Your goal: Show each line from the records below in which the word "ensures" occurs.

(Beginning of Task material)

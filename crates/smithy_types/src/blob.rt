// Bytes that are no text.
use crate::error::OutOfMemory;
use std::alloc::Global;
use std::marker::Model;

/// Bytes, seen as their list.
#[derive(Debug, Drop)]
pub struct Blob {
    bytes: Vec<u8>,
}

impl Model for Blob {
    ghost use Rattle.std.specs.Prelude.{List, ℕ};

    ghost Value = { List ℕ };

    ghost view = { λ a. a.bytes.items };
}

impl Blob {
    ghost use Rattle.std.specs.Prelude.{◌≡◌, IfOk};

    /// A copy of the bytes.
    pub fn new(alloc: Global, bytes: &[u8]) -> Result<Blob, OutOfMemory>
        ensures { IfOk result (λ b. b ≡ bytes.now) }
    {
        Ok(Blob {
            bytes: Vec::from_slice(alloc, bytes)?,
        })
    }

    /// These bytes, with no copy of them.
    pub fn from_vec(bytes: Vec<u8>) -> Blob
        ensures { result ≡ bytes.items }
    {
        Blob { bytes }
    }

    /// The bytes.
    pub fn as_slice(&self) -> &[u8]
        ensures { result.now ≡ self.now }
    {
        self.bytes.as_slice()
    }
}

(End of Task material)

Your solution:
        ensures { IfOk result (λ b. b ≡ bytes.now) }
        ensures { result ≡ bytes.items }
        ensures { result.now ≡ self.now }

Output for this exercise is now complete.